DSE Graph and Graph Analytics

DSE Graph allows you to perform OLAP queries using Spark.

Many local graph traversals can be executed in real time at high transactional loads. When the density of the graph is too high or the branching factor too large (the number of connected nodes at each level of the graph), the memory and computation requirements to answer OLTP queries go beyond what is acceptable under typical application workloads. These type of queries are called deep queries.

Scan queries are queries that touch either an entire graph or large parts of the graph. They typically traverse a large number of vertices and edges. For example, a query on a social network graph that searches for posts by users between 25 and 40 years old is a scan query.

For applications that use deep and scan queries, using a OLAP query will result in better performance.

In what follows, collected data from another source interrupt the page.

//! Strategies for wins by force: their texts, and a checker that trusts no prover.
#![tactic(auto)]

mod check_answer;
mod checker;
mod entry_line;
mod fault;
mod look;
mod queue;
mod reader;
mod strategy;
#[cfg(test)]
mod tests;
mod written_form;

pub use arimaa_forced::Entry;
pub use check_answer::{Checked, Why};
pub use checker::{check, led_to};
pub use entry_line::read_board_and_turn;
pub use fault::StrategyFault;
pub use queue::{meet, meet_all};
pub use reader::read_strategy;
pub use strategy::Strategy;
pub use written_form::strategy_text;
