//! A stack of segments of distinct values.
ghost use Rattle.std.specs.Prelude.{◌≡◌, ◌+◌, ◌<◌, ◌≤◌, [], ◌∷◌, length, take, drop, Some, IfOk, slice_get, slice_index};
ghost use Rattle.arimaa_region.specs.Layout.{IsDistinct};
ghost use Rattle.arimaa_region.specs.Placing.{IsPlaced};
ghost use Rattle.arimaa_region.specs.Segments.{below_top, live_of, lowest, segment_of};

use crate::bucket::{bucket, buckets_for};
use crate::index::Index;
use crate::key::Key;
use crate::placement::Placed;
use crate::probe::find;
use std::alloc::{AllocError, Global};
use std::marker::Model;

/// A stack of segments of values, in memory that is taken once.
///
/// Values are placed in the top segment, which has each of them once. A place is a value's number
/// among all that are live, from 0. At most 64 segments are open at a time.
#[derive(Drop)]
pub(crate) struct Stack<T: Key> {
    // What each taken place has. Its memory is for all places.
    places: Vec<T>,
    index: Index,
    // The first place of each open segment, the lowest segment first.
    starts: [u32; 64],
    open_segments: u8,
    room: u32,
}

impl<T: Key> Model for Stack<T> {
    ghost use Rattle.std.specs.Prelude.{◌≤◌, length, vec_capacity};
    ghost use Rattle.arimaa_region.specs.Layout.{segments_between, IsSound};
    ghost use Rattle.arimaa_region.specs.Segments.{Stacked, stacked_code};

    ghost Value = { Stacked T };

    ghost coded = { stacked_code T.code };

    ghost view = { λ r. record {
      room = r.room;
      segments = segments_between r.places.items r.starts r.open_segments (length r.index.buckets);
    } };

    ghost invariant = { λ r.
        (IsSound T.hash_of r.room r.open_segments r.places.items r.index r.starts)
        × (r.room ≤ vec_capacity r.places) };
}

// The place after a segment: where the next one begins, or where the live places end.
fn end_of(starts: &[u32; 64], open_segments: u8, live: u32, number: u8) -> u32
    requires open { number < open_segments }
    requires most { open_segments ≤ 64 }
    ensures top { number + 1 ≡ open_segments → result ≡ live }
    ensures lower { number + 1 < open_segments → result ≡ slice_index starts.now (number + 1) }
{
    if number + 1 == open_segments {
        live
    } else {
        starts[number as usize + 1]
    }
}

impl<T: Key> Stack<T> {
    /// A stack of so many places, at least one, with no segment open.
    ///
    /// This call alone takes memory: the size of a value and 9 bytes a place.
    pub(crate) fn with_room(alloc: Global, room: u32) -> Result<Stack<T>, AllocError>
        requires { 1 ≤ room }
        ensures room { IfOk result (λ r. r.room ≡ room) }
        ensures empty { IfOk result (λ r. r.segments ≡ []) }
    {
        Ok(Stack {
            places: Vec::with_capacity(alloc, room as usize)?,
            index: Index::with_room(alloc, room)?,
            starts: [0; 64],
            open_segments: 0,
            room,
        })
    }

    /// Opens a new top segment, which is empty. The answer is the number of segments below it.
    pub(crate) fn open(&mut self) -> u8
        requires { length self.old.segments < 64 }
        ensures number { result ≡ length self.old.segments }
        ensures opened { self.new ≡ record self.old { segments = [] ∷ self.old.segments } }
    {
        let number = self.open_segments;
        self.starts[number as usize] = self.index.len();
        self.open_segments += 1;
        number
    }

    /// Puts a value at the end of the top segment, unless it is there or no place is free.
    #[inline(always)]
    pub(crate) fn place(&mut self, value: T) -> Placed
        requires { 0 < length self.old.segments }
        ensures { IsPlaced T.same self.old value result self.new }
    {
        let first = self.starts[self.open_segments as usize - 1];
        let bucket = bucket(value.hash_number(), buckets_for(self.room));
        if let Some(place) = find(self.places.as_slice(), &self.index, first, &value, bucket) {
            return Placed::There(place);
        }
        let place = self.index.len();
        if place == self.room {
            return Placed::Full;
        }
        self.places.push_reserved(value);
        self.index.push(bucket);
        Placed::New(place)
    }

    /// The value at a place.
    pub(crate) fn get(&self, place: u32) -> T
        requires { place < length (live_of self.now.segments) }
        ensures { slice_get (live_of self.now.segments) place ≡ Some result }
    {
        self.places[place as usize]
    }

    /// Where a segment lies, by the number of segments below it: its first place, and how many
    /// values it has.
    pub(crate) fn segment(&self, number: u8) -> (u32, u32)
        requires { number < length self.now.segments }
        ensures first { result.0 ≡ length (live_of (lowest number self.now.segments)) }
        ensures size { result.1 ≡ length (segment_of self.now.segments number) }
        ensures places { take result.1 (drop result.0 (live_of self.now.segments))
            ≡ segment_of self.now.segments number }
        ensures distinct { IsDistinct (segment_of self.now.segments number) }
    {
        let first = self.starts[number as usize];
        let end = end_of(&self.starts, self.open_segments, self.index.len(), number);
        (first, end - first)
    }

    /// How many values are live, in all segments together.
    pub(crate) fn live(&self) -> u32
        ensures count { result ≡ length (live_of self.now.segments) }
        ensures within { length (live_of self.now.segments) ≤ self.now.room }
    {
        self.index.len()
    }

    /// Closes the top segment and gives its places back.
    pub(crate) fn close(&mut self)
        requires { 0 < length self.old.segments }
        ensures { self.new ≡ record self.old { segments = below_top self.old.segments } }
    {
        self.open_segments -= 1;
        let first = self.starts[self.open_segments as usize];
        self.index.truncate(first);
        self.places.truncate(first as usize);
    }

    /// Closes all segments and gives their places back.
    pub(crate) fn clear(&mut self)
        ensures { self.new ≡ record self.old { segments = [] } }
    {
        self.open_segments = 0;
        self.index.truncate(0);
        self.places.clear();
    }
}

Performing OLAP queries using DSE Graph

Every graph created in DSE Graph has an OLAP traversal source a that is available to gremlin-console and DataStax Studio. This traversal source uses the SparkGraphComputer to analyze queries and execute them against the underlying DSE Analytics nodes. The nodes must be started with Graph and Spark enabled to access the OLAP traversal source. For one-off or single-session OLAP queries, alias database.a to g and create the query. For example in the Gremlin console:

gremlin> :remote config alias g database.a 
gremlin> g.V().count()

If you are performing multiple queries against different parts of the graph, use graph.snapshot() to return an OLAP traversal source for each part of the graph. The returned OLAP traversal source is a persisted RDD. For example, in the Gremlin console:

gremlin> categories = graph.snapshot().vertices('category').create()

When to use analytic OLAP queries

On large graphs, OLAP queries typically perform better for deep queries. However, executing deep queries as part of an OLTP load may make sense if they are rarely performed. For example, on online payment provider will favor OLTP queries to process payments quickly, but may require a deep query if there are indications of fraud in the transaction. While the deep query may take much longer as an OLTP workload, on the whole the performance of the application will be faster than segmenting the application into OLTP and OLAP queries.

Long running and periodic processes like recommendation engines and search engines that analyze an entire graph are the ideal use cases for OLAP queries. However, one-off data analysis operations that involve deep queries or that scan the entire database also can benefit from being run as OLAP queries. See DSE Graph, OLTP and OLAP for detailed information on performance differences between OLTP and OLAP queries.